Would you retype each of the records exactly as shown?

[Collected data entries]
-=-=-=-=-
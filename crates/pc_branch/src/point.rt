ghost use Rattle.std.specs.Prelude.{◌≡◌, ◌≤ℤ◌, ◌<◌, ◌^◌, ℕ, pos, nat_abs, length, MatchOption, IfOk, IfSome};
ghost use Rattle.std.specs.Int.{int_div_euclid};
ghost use Rattle.pc_simplex.specs.Vertices.{count_at};
ghost use Rattle.pc_branch.specs.Licence.{IsWhole};
ghost use Rattle.pc_branch.specs.Ends.{whole_counts};
ghost use Rattle.pc_branch.specs.Visits.{AreWholeBelow, IsBroken};

use pc_list::Seq;
use pc_num::{Frac, Memory};
use std::alloc::Global;

/// The first cell whose count is not whole.
pub(crate) fn first_broken(point: &[Frac]) -> Option<usize>
    ensures broken { MatchOption result (IsWhole point.now) (IsBroken point.now) }
    ensures first { IfSome result (AreWholeBelow point.now) }
{
    for (cell, count) in point.iter().enumerate() {
        if count.den != 1 {
            return Some(cell);
        }
    }
    None
}

/// A count, rounded down.
pub(crate) fn rounded(count: &Frac) -> u64
    requires positive { pos 1 ≤ℤ count.now.den }
    requires low { pos 0 ≤ℤ int_div_euclid count.now.num count.now.den }
    requires high { int_div_euclid count.now.num count.now.den ≤ℤ pos 1_000_000_000 }
    ensures { pos result ≡ int_div_euclid count.now.num count.now.den }
{
    count.num.div_euclid(count.den) as u64
}

/// The counts of a whole point.
pub(crate) fn whole_counts(alloc: Global, point: &[Frac]) -> Result<Seq<u64>, Memory>
    requires { (i : ℕ) → i < length point.now → nat_abs (count_at point.now i).num < 2 ^ 64 }
    ensures { IfOk result (λ counts. counts ≡ whole_counts point.now) }
{
    let mut counts = Seq::new(alloc);
    for count in point {
        counts.push(whole(count))?;
    }
    Ok(counts)
}

fn whole(count: &Frac) -> u64
    requires { nat_abs count.now.num < 2 ^ 64 }
    ensures { result ≡ nat_abs count.now.num }
{
    count.num.unsigned_abs() as u64
}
-=-=-=-=-
Exercise solution:
filename crates/pc_branch/src/point.rt
ghost use Rattle.std.specs.Prelude.{◌≡◌, ◌≤ℤ◌, ◌<◌, ◌^◌, ℕ, pos, nat_abs, length, MatchOption, IfOk, IfSome};
ghost use Rattle.std.specs.Int.{int_div_euclid};
ghost use Rattle.pc_simplex.specs.Vertices.{count_at};
ghost use Rattle.pc_branch.specs.Licence.{IsWhole};
ghost use Rattle.pc_branch.specs.Ends.{whole_counts};
ghost use Rattle.pc_branch.specs.Visits.{AreWholeBelow, IsBroken};

use pc_list::Seq;
use pc_num::{Frac, Memory};
use std::alloc::Global;

/// The first cell whose count is not whole.
pub(crate) fn first_broken(point: &[Frac]) -> Option<usize>
    ensures broken { MatchOption result (IsWhole point.now) (IsBroken point.now) }
    ensures first { IfSome result (AreWholeBelow point.now) }
{
    for (cell, count) in point.iter().enumerate() {
        if count.den != 1 {
            return Some(cell);
        }
    }
    None
}

/// A count, rounded down.
pub(crate) fn rounded(count: &Frac) -> u64
    requires positive { pos 1 ≤ℤ count.now.den }
    requires low { pos 0 ≤ℤ int_div_euclid count.now.num count.now.den }
    requires high { int_div_euclid count.now.num count.now.den ≤ℤ pos 1_000_000_000 }
    ensures { pos result ≡ int_div_euclid count.now.num count.now.den }
{
    count.num.div_euclid(count.den) as u64
}

/// The counts of a whole point.
pub(crate) fn whole_counts(alloc: Global, point: &[Frac]) -> Result<Seq<u64>, Memory>
    requires { (i : ℕ) → i < length point.now → nat_abs (count_at point.now i).num < 2 ^ 64 }
    ensures { IfOk result (λ counts. counts ≡ whole_counts point.now) }
{
    let mut counts = Seq::new(alloc);
    for count in point {
        counts.push(whole(count))?;
    }
    Ok(counts)
}

fn whole(count: &Frac) -> u64
    requires { nat_abs count.now.num < 2 ^ 64 }
    ensures { result ≡ nat_abs count.now.num }
{
    count.num.unsigned_abs() as u64
}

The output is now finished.